* _DESCRIPTION OF THE TASK_:
The response must contain every line from the records below that has "something".

[[ EXTRACTED RECORDS open ]]

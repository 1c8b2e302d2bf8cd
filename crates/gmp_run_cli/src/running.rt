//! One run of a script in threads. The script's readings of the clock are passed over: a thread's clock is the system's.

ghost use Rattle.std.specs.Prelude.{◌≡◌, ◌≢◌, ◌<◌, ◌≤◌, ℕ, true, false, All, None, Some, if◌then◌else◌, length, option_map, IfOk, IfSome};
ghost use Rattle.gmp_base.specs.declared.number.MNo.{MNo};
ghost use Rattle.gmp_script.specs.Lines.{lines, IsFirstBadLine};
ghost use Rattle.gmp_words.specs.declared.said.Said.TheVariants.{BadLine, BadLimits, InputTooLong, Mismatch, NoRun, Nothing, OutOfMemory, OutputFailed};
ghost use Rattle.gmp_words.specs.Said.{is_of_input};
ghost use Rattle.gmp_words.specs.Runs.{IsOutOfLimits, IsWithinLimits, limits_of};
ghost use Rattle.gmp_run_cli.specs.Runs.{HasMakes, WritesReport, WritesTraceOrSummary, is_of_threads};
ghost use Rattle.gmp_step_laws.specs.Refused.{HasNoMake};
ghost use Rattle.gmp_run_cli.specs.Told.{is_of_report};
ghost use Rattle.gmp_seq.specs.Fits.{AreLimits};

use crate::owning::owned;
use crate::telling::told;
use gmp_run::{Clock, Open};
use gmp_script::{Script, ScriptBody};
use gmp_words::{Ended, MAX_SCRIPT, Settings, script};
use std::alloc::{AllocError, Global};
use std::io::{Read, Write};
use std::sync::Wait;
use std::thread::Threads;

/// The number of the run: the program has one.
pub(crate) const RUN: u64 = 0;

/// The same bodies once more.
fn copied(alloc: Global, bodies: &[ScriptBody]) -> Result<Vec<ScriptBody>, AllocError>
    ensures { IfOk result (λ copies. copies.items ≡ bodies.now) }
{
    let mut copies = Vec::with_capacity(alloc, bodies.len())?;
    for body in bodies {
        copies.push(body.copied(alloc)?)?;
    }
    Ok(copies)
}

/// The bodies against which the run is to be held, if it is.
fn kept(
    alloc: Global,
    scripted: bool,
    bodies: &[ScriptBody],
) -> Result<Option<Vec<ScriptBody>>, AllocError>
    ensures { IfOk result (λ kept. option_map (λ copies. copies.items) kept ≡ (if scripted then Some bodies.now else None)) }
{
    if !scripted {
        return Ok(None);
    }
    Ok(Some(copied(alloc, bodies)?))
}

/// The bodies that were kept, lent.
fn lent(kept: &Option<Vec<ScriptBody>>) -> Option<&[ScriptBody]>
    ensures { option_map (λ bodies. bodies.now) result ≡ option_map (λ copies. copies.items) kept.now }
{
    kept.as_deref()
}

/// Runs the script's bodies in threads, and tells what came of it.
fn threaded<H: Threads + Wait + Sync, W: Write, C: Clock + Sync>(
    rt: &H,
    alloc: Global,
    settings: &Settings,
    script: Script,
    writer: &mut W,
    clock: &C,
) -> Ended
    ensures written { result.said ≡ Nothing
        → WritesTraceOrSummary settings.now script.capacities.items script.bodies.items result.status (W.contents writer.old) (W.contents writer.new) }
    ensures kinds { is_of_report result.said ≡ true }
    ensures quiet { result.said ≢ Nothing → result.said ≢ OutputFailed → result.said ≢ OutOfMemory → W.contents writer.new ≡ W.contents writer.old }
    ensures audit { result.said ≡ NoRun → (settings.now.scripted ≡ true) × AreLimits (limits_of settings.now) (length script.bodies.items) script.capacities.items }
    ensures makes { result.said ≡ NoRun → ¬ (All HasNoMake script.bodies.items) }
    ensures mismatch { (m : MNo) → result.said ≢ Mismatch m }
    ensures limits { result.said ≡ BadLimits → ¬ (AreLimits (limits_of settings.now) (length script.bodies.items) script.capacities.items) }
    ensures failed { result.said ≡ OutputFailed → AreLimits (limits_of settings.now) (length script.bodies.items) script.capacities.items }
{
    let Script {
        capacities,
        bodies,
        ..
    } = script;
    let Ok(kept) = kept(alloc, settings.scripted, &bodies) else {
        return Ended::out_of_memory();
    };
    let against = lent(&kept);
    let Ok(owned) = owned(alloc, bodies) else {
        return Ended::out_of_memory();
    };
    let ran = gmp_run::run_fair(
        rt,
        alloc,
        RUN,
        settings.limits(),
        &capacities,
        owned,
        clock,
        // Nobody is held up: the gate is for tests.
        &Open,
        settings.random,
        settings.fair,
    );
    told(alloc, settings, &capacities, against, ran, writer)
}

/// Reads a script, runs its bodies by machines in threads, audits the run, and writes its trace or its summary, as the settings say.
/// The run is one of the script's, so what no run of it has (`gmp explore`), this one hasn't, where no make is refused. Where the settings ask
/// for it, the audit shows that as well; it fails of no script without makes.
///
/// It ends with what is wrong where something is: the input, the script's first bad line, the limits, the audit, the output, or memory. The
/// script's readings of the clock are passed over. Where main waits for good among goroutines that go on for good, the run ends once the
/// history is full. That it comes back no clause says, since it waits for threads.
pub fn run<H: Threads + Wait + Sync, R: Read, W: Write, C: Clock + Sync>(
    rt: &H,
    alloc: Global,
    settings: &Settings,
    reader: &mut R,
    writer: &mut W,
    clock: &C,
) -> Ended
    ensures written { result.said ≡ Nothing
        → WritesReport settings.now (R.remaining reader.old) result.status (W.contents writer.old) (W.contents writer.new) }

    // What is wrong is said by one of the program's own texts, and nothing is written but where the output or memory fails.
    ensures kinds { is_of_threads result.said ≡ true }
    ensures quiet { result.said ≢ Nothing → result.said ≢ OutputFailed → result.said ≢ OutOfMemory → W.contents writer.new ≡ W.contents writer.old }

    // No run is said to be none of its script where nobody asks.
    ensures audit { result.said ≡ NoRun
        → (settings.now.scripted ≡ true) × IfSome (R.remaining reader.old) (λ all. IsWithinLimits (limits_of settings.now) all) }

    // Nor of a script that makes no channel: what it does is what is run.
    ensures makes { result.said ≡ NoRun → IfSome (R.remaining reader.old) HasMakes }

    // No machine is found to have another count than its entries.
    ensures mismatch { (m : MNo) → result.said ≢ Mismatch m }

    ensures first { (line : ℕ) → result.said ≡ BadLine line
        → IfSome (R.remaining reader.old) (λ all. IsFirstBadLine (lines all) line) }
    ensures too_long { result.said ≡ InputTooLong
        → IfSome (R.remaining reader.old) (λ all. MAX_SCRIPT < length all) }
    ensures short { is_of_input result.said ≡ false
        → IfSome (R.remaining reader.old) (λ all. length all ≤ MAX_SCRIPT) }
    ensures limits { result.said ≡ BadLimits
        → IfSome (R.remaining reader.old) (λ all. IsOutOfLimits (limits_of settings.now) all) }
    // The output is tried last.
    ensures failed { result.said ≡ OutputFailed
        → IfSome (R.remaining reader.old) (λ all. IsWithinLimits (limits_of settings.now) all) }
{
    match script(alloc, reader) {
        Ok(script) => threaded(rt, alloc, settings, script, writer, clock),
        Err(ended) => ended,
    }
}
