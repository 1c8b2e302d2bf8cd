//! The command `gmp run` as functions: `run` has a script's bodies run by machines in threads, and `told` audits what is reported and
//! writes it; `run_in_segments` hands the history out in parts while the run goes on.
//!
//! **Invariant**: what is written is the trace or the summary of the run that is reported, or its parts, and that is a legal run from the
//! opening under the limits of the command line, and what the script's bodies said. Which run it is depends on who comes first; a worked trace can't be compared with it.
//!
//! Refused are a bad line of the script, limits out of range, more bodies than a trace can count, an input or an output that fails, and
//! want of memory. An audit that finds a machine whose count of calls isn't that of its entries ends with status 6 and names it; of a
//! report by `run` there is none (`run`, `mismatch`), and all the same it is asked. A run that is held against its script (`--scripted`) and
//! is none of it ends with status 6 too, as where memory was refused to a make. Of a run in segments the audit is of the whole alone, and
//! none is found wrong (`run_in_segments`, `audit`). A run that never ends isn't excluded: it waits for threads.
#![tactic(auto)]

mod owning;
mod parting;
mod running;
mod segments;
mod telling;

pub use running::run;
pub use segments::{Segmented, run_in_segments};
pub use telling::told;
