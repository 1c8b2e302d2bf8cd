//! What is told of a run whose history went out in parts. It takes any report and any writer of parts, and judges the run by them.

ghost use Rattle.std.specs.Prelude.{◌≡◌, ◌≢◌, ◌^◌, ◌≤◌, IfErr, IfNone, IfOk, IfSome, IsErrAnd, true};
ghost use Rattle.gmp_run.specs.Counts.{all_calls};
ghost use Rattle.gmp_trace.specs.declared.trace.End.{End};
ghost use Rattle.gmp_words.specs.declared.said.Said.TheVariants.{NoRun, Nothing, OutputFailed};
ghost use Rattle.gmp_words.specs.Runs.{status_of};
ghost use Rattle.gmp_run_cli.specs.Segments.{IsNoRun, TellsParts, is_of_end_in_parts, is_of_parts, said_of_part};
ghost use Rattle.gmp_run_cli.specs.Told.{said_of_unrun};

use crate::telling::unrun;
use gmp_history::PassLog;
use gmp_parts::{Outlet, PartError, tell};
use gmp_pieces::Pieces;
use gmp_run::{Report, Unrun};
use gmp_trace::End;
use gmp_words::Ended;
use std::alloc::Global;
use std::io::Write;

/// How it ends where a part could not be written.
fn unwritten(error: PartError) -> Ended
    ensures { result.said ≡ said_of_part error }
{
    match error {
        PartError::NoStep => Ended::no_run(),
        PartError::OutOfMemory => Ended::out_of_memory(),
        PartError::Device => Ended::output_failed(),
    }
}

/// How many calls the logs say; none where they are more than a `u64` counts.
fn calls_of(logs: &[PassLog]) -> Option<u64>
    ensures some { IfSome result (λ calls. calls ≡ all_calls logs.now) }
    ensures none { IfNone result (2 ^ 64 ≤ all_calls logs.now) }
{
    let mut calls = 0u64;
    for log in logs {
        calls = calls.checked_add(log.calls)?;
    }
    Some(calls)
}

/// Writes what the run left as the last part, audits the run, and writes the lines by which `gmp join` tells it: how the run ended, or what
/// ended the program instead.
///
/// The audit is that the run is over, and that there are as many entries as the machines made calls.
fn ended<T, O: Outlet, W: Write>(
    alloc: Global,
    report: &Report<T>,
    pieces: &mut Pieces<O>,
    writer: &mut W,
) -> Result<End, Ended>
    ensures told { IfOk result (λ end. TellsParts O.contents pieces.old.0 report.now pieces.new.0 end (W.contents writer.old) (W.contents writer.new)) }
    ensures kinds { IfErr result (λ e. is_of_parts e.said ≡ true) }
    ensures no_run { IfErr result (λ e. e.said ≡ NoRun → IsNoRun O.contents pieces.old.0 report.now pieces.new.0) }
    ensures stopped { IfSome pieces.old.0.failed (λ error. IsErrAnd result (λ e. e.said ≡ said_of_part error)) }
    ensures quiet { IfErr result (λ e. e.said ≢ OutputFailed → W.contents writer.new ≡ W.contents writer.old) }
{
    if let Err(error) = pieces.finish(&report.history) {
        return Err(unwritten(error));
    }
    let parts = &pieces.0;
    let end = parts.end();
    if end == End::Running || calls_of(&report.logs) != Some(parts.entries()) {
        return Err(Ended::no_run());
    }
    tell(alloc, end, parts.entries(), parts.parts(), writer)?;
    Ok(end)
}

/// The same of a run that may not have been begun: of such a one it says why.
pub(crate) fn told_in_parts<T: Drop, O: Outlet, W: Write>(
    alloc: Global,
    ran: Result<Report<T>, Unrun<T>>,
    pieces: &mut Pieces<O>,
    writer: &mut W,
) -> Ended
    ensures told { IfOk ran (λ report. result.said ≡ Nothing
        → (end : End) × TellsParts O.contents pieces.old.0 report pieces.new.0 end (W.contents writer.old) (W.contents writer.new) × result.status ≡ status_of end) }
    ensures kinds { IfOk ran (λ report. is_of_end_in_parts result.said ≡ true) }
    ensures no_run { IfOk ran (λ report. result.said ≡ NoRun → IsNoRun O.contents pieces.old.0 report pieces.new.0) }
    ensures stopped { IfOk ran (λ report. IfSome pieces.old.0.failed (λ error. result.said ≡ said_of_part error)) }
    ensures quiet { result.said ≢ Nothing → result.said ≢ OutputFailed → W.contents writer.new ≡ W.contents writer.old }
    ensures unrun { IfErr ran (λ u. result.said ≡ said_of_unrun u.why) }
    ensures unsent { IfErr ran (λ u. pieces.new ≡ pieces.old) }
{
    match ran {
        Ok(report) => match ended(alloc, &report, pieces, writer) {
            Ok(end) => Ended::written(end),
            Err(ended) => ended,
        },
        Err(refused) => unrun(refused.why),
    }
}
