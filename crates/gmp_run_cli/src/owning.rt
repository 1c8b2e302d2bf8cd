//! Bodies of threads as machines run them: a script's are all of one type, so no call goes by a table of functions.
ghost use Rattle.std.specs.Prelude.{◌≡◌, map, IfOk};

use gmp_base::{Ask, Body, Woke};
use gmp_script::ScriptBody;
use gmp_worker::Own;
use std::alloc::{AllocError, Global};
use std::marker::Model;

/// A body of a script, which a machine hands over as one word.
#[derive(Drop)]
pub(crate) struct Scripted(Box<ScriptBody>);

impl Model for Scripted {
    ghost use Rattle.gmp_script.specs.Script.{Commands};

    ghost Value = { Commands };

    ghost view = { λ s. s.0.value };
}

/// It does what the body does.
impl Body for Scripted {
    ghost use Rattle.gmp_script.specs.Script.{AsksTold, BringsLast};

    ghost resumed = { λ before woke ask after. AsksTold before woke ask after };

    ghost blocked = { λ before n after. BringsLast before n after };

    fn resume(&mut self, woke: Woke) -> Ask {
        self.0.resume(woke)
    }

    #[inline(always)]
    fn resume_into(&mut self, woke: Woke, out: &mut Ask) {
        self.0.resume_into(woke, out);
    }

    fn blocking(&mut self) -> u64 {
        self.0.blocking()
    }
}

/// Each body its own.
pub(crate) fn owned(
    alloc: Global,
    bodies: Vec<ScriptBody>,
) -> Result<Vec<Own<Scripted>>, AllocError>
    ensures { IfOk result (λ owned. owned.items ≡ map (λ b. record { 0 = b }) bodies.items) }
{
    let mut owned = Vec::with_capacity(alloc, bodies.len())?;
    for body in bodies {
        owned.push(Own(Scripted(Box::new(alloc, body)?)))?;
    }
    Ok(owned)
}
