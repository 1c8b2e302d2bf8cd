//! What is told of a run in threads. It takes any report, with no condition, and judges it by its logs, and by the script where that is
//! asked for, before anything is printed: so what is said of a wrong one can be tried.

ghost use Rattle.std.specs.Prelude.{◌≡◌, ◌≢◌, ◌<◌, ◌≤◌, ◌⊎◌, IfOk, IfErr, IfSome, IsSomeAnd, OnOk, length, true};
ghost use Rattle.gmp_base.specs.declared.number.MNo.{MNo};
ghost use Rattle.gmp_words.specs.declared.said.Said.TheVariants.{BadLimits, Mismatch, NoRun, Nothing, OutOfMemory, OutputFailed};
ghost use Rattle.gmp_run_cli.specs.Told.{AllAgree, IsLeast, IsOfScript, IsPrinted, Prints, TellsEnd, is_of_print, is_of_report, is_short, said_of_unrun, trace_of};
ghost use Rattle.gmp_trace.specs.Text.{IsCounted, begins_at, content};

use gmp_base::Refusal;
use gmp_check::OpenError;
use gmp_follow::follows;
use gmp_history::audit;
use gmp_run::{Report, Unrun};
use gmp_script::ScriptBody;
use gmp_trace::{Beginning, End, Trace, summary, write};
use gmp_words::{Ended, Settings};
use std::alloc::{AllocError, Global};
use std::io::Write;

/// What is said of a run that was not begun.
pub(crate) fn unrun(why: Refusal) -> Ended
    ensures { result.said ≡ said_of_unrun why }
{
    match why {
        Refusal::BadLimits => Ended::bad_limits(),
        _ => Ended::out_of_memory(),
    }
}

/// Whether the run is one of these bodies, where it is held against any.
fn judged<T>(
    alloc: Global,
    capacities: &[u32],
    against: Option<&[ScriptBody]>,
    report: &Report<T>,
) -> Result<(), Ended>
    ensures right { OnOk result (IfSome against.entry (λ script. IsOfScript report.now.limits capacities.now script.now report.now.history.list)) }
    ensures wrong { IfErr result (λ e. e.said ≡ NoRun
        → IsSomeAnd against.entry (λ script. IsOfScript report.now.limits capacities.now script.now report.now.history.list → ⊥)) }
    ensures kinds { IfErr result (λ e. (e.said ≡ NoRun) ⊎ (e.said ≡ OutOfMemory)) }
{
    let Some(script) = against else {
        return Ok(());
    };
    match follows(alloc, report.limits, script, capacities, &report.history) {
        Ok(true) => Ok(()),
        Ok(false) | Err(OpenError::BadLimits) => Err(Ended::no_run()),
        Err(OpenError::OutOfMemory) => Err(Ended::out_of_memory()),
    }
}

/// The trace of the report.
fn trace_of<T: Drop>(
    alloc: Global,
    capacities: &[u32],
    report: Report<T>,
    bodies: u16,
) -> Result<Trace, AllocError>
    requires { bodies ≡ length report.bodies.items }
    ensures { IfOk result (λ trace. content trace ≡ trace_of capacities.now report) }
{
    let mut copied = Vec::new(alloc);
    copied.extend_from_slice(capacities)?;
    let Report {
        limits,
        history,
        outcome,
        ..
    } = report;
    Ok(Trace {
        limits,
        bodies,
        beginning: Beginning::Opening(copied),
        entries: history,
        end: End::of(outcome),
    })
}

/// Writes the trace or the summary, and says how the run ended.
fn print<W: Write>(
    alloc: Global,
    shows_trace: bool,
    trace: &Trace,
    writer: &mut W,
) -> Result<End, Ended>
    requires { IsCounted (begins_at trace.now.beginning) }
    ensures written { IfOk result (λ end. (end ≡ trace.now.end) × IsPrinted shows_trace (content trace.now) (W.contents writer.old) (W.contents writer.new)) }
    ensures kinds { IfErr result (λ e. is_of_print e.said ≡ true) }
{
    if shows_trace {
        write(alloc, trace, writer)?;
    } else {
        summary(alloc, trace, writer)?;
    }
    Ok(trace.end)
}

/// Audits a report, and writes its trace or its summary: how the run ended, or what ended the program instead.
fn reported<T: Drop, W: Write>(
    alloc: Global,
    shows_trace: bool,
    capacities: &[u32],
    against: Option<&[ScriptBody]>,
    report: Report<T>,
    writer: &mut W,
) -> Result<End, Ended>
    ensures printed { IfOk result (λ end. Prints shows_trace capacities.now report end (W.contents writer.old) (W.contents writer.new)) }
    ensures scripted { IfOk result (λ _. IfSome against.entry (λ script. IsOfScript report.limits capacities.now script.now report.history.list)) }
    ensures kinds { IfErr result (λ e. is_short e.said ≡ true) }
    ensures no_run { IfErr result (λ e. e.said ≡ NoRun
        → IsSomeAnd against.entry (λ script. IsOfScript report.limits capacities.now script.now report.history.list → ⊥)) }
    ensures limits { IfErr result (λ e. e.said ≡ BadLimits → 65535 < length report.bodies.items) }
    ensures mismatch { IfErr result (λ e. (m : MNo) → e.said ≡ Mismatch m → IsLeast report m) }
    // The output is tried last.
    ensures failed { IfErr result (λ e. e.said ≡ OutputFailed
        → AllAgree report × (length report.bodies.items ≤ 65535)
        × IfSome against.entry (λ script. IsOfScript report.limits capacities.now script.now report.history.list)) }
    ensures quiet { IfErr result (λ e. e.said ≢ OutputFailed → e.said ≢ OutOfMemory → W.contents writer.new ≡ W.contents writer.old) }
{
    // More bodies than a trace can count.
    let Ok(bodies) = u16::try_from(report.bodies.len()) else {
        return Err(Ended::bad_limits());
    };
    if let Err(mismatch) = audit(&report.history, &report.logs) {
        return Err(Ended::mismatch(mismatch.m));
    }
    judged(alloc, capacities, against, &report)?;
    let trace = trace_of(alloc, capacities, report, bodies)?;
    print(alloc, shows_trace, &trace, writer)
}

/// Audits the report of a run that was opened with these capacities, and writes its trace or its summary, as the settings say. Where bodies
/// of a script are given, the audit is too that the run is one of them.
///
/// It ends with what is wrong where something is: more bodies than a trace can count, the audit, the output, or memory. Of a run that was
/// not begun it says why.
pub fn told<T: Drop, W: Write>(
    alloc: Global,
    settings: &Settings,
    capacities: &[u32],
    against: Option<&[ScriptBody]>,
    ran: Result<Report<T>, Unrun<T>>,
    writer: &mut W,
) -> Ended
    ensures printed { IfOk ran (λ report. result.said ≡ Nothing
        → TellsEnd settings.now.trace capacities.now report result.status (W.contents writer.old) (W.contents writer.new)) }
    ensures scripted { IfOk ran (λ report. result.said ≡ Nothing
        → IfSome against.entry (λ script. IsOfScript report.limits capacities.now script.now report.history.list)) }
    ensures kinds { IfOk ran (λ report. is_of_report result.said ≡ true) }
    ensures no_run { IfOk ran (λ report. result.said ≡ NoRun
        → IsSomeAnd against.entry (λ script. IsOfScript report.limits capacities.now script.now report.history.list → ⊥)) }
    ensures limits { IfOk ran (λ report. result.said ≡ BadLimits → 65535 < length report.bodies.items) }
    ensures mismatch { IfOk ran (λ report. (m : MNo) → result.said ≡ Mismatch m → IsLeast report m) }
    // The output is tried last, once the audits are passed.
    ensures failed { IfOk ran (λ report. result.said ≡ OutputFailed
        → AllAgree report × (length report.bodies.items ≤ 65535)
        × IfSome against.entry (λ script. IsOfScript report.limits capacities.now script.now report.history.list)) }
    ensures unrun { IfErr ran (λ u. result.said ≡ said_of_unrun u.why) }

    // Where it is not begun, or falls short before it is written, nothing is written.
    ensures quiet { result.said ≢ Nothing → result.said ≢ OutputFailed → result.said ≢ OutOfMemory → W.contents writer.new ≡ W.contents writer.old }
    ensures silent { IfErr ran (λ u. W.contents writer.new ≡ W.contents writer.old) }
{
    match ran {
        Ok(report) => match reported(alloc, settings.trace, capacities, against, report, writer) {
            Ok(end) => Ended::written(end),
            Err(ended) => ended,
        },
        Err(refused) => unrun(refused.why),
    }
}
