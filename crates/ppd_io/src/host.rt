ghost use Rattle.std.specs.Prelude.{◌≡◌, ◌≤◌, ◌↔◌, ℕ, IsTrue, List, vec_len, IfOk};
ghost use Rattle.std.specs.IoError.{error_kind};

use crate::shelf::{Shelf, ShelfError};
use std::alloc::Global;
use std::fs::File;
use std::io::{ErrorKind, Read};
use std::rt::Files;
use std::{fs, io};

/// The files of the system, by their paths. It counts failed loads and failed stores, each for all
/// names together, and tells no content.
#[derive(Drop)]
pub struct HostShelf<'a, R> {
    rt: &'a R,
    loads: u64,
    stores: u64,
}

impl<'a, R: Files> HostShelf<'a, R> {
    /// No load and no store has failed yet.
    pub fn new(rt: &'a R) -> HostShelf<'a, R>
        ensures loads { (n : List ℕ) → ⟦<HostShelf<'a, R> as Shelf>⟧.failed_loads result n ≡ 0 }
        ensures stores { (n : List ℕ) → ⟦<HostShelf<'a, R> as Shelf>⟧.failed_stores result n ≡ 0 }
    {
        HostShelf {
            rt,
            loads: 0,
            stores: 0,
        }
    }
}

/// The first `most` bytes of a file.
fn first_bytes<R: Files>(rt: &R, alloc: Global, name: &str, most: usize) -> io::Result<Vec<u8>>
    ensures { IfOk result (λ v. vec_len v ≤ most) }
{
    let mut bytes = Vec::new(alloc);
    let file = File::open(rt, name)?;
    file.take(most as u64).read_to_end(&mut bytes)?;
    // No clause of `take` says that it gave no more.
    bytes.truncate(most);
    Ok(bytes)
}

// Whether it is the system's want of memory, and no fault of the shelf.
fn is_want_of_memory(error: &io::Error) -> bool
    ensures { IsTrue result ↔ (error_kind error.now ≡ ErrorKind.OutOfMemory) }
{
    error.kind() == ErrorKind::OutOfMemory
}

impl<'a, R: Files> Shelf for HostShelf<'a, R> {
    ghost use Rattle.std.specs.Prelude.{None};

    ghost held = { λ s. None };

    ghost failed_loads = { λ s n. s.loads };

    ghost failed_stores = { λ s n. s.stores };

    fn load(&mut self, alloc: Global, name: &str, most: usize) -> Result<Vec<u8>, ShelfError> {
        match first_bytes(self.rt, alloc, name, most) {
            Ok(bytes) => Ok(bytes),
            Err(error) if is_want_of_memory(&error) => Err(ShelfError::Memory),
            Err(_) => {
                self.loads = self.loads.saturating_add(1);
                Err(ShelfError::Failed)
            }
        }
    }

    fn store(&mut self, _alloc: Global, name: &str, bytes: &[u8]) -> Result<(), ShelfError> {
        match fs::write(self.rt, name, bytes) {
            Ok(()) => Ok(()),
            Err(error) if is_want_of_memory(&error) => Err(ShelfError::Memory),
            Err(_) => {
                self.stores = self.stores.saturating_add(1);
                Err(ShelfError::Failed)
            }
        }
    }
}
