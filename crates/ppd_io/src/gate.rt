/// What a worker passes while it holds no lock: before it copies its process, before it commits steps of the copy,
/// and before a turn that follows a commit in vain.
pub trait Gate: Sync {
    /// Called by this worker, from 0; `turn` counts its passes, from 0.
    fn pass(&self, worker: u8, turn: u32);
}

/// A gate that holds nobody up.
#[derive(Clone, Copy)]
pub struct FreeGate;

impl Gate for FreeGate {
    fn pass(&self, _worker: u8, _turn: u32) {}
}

[[ EXTRACTED RECORDS closed ]]

* _WRITTEN RESPONSE_:
/// It ends with what is wrong where something is: the input, the script's first bad line, the limits, the audit, the output, or memory. The
/// It ends with what is wrong where something is: more bodies than a trace can count, the audit, the output, or memory. Of a run that was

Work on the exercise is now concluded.